Work request> Repeat exactly the lines below that lie between the line with "by its name." and the line with "a heap type.", counting both of those lines as part of the answer.

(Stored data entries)

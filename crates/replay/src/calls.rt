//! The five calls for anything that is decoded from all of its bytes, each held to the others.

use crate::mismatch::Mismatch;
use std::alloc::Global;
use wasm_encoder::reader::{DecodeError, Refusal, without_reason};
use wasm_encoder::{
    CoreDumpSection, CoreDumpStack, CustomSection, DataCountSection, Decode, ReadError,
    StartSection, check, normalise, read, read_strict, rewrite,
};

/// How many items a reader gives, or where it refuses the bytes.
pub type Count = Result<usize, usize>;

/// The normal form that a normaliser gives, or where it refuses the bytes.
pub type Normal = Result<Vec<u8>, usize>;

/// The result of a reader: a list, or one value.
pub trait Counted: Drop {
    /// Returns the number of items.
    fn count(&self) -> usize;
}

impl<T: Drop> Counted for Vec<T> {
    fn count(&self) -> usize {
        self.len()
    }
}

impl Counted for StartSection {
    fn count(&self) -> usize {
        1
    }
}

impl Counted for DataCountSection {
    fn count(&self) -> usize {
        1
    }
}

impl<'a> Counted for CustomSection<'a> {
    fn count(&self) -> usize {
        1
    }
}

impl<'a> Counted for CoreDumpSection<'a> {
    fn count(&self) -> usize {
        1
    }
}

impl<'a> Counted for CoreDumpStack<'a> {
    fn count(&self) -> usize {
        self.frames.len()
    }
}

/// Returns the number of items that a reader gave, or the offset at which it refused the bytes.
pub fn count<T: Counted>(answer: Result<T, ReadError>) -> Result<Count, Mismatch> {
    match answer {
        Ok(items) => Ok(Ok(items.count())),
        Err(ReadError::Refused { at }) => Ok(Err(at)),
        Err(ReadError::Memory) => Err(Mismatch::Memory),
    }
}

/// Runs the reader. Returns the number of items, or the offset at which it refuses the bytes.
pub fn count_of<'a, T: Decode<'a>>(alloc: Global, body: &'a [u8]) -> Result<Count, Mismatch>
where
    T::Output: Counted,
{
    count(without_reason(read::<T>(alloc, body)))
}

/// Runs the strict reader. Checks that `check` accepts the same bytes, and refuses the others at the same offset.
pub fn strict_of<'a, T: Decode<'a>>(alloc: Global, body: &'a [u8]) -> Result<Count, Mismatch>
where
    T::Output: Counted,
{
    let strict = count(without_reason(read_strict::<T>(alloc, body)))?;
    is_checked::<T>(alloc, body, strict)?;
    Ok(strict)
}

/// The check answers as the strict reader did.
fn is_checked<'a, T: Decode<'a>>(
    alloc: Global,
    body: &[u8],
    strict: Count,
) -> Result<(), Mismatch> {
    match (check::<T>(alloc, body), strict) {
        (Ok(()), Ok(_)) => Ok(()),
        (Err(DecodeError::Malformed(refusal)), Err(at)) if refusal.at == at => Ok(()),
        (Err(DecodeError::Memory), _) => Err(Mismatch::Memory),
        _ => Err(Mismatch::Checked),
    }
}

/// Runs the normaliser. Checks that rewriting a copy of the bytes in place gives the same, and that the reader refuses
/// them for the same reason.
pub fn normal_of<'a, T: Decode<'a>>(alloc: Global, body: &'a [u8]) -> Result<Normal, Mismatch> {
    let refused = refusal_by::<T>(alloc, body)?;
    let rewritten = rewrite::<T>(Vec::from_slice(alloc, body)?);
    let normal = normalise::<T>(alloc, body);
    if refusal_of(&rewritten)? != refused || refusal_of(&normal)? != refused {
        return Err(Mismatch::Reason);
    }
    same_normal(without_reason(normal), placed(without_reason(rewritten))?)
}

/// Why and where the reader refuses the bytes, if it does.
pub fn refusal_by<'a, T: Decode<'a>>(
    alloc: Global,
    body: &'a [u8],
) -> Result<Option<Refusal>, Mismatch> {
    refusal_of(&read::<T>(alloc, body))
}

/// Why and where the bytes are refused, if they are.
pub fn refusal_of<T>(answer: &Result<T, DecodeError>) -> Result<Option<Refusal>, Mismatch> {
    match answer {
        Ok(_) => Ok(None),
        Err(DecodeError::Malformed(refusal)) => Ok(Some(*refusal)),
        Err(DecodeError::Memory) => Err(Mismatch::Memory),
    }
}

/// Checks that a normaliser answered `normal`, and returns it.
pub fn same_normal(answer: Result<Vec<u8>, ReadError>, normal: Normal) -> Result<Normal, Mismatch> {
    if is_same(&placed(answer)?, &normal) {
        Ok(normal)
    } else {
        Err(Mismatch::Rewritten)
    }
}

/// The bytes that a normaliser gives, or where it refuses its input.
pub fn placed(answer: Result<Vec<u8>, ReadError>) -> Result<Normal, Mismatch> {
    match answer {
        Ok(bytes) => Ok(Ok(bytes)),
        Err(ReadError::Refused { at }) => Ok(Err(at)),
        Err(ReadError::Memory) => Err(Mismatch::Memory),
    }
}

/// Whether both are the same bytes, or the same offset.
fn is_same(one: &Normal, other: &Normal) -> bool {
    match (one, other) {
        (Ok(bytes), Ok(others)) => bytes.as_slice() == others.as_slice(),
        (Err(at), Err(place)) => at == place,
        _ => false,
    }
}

* * *

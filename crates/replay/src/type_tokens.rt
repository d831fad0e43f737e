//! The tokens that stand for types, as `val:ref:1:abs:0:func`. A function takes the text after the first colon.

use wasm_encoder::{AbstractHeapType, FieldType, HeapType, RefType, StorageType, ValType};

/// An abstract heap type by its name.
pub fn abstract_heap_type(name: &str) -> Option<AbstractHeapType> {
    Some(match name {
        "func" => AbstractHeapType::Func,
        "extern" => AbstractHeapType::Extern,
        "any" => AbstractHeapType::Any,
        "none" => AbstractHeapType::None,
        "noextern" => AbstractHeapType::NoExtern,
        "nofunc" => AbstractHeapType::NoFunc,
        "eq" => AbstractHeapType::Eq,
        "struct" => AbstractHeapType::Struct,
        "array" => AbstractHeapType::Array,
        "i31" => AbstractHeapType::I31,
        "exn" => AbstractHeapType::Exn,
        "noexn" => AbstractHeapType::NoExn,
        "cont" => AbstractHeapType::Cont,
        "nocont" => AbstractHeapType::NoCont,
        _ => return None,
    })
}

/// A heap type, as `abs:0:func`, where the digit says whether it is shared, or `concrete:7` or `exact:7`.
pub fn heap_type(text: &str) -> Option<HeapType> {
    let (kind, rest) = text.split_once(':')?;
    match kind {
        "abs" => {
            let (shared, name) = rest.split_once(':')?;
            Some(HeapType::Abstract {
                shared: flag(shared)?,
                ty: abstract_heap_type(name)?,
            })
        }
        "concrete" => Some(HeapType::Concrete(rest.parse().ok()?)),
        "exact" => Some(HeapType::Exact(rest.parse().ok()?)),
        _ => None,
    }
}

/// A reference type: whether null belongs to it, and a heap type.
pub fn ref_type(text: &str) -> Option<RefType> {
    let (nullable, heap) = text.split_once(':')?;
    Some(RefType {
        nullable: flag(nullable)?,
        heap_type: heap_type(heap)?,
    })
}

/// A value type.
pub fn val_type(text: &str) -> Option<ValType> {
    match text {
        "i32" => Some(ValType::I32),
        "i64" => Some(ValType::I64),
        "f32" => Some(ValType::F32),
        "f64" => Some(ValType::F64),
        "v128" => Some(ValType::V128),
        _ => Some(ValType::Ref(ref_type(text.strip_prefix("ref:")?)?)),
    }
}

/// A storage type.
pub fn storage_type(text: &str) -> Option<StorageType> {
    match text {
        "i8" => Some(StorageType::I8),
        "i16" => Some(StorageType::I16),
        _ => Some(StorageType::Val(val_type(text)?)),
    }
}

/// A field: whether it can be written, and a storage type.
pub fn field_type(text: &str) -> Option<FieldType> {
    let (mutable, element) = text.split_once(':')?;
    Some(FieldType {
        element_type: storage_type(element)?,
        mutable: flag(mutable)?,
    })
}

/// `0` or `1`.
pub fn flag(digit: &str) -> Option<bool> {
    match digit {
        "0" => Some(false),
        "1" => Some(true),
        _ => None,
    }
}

---

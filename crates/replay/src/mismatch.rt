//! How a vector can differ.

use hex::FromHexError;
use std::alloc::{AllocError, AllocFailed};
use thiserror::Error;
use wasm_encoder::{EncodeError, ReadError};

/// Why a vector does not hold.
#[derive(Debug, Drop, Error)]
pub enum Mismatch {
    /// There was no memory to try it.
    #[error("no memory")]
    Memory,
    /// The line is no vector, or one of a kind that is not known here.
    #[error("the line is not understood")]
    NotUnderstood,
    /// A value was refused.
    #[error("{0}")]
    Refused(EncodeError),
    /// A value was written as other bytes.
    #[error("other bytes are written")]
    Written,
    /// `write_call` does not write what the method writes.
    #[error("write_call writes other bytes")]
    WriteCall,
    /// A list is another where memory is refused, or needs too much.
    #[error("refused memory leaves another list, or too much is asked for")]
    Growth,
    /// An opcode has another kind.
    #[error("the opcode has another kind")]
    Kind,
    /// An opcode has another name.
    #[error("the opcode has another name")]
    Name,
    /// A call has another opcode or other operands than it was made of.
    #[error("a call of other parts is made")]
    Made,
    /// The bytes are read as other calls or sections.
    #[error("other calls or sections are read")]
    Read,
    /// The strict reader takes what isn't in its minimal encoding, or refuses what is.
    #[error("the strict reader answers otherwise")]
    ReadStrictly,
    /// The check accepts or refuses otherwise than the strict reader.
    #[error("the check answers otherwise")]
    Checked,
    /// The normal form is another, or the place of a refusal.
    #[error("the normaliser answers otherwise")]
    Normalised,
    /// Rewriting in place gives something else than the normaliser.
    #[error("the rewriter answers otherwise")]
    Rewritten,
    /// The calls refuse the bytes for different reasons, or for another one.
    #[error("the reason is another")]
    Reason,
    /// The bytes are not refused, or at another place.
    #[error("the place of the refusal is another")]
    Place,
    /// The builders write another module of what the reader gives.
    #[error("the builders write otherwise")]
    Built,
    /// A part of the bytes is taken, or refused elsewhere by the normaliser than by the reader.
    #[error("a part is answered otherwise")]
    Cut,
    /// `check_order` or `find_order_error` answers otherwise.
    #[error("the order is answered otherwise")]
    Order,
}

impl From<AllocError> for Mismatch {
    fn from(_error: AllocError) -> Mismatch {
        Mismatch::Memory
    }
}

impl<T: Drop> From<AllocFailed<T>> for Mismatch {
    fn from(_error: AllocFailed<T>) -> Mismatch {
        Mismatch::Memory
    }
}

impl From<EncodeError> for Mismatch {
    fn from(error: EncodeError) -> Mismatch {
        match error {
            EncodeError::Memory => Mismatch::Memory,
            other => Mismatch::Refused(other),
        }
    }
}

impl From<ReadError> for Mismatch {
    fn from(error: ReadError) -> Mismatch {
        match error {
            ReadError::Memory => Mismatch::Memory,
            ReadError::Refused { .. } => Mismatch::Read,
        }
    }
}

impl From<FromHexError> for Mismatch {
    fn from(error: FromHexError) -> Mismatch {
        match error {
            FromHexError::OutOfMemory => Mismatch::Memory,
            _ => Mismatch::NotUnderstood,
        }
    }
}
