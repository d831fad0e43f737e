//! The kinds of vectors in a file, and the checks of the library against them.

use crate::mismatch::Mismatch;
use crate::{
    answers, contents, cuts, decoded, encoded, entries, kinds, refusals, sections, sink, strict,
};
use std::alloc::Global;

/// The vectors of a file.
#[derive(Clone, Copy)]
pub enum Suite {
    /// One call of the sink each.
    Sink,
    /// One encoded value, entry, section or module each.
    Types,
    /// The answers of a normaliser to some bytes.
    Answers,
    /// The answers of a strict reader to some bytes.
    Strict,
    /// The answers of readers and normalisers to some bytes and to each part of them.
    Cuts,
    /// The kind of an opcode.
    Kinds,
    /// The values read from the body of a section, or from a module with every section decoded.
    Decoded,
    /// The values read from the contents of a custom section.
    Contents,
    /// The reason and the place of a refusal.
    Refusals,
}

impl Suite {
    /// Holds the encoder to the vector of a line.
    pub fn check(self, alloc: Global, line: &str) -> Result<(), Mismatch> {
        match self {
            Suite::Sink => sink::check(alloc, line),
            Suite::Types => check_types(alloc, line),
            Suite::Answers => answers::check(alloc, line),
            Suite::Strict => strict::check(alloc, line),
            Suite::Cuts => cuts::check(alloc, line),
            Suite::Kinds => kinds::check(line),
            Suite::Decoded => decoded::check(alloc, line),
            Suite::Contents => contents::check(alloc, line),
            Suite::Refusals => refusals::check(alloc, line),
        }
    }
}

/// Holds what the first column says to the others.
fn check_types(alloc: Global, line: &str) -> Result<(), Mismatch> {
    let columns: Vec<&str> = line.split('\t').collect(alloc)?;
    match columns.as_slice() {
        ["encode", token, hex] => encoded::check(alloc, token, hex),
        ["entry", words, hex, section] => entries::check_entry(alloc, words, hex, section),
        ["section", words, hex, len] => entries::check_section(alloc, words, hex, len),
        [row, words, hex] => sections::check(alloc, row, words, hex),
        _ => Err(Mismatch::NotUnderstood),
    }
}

Answer for this exercise>
/// An abstract heap type by its name.
pub fn abstract_heap_type(name: &str) -> Option<AbstractHeapType> {
    Some(match name {
        "func" => AbstractHeapType::Func,
        "extern" => AbstractHeapType::Extern,
        "any" => AbstractHeapType::Any,
        "none" => AbstractHeapType::None,
        "noextern" => AbstractHeapType::NoExtern,
        "nofunc" => AbstractHeapType::NoFunc,
        "eq" => AbstractHeapType::Eq,
        "struct" => AbstractHeapType::Struct,
        "array" => AbstractHeapType::Array,
        "i31" => AbstractHeapType::I31,
        "exn" => AbstractHeapType::Exn,
        "noexn" => AbstractHeapType::NoExn,
        "cont" => AbstractHeapType::Cont,
        "nocont" => AbstractHeapType::NoCont,
        _ => return None,
    })
}

/// A heap type, as `abs:0:func`, where the digit says whether it is shared, or `concrete:7` or `exact:7`.
pub fn heap_type(text: &str) -> Option<HeapType> {
    let (kind, rest) = text.split_once(':')?;
    match kind {
        "abs" => {
            let (shared, name) = rest.split_once(':')?;
            Some(HeapType::Abstract {
                shared: flag(shared)?,
                ty: abstract_heap_type(name)?,
            })
        }
        "concrete" => Some(HeapType::Concrete(rest.parse().ok()?)),
        "exact" => Some(HeapType::Exact(rest.parse().ok()?)),
        _ => None,
    }
}

/// A reference type: whether null belongs to it, and a heap type.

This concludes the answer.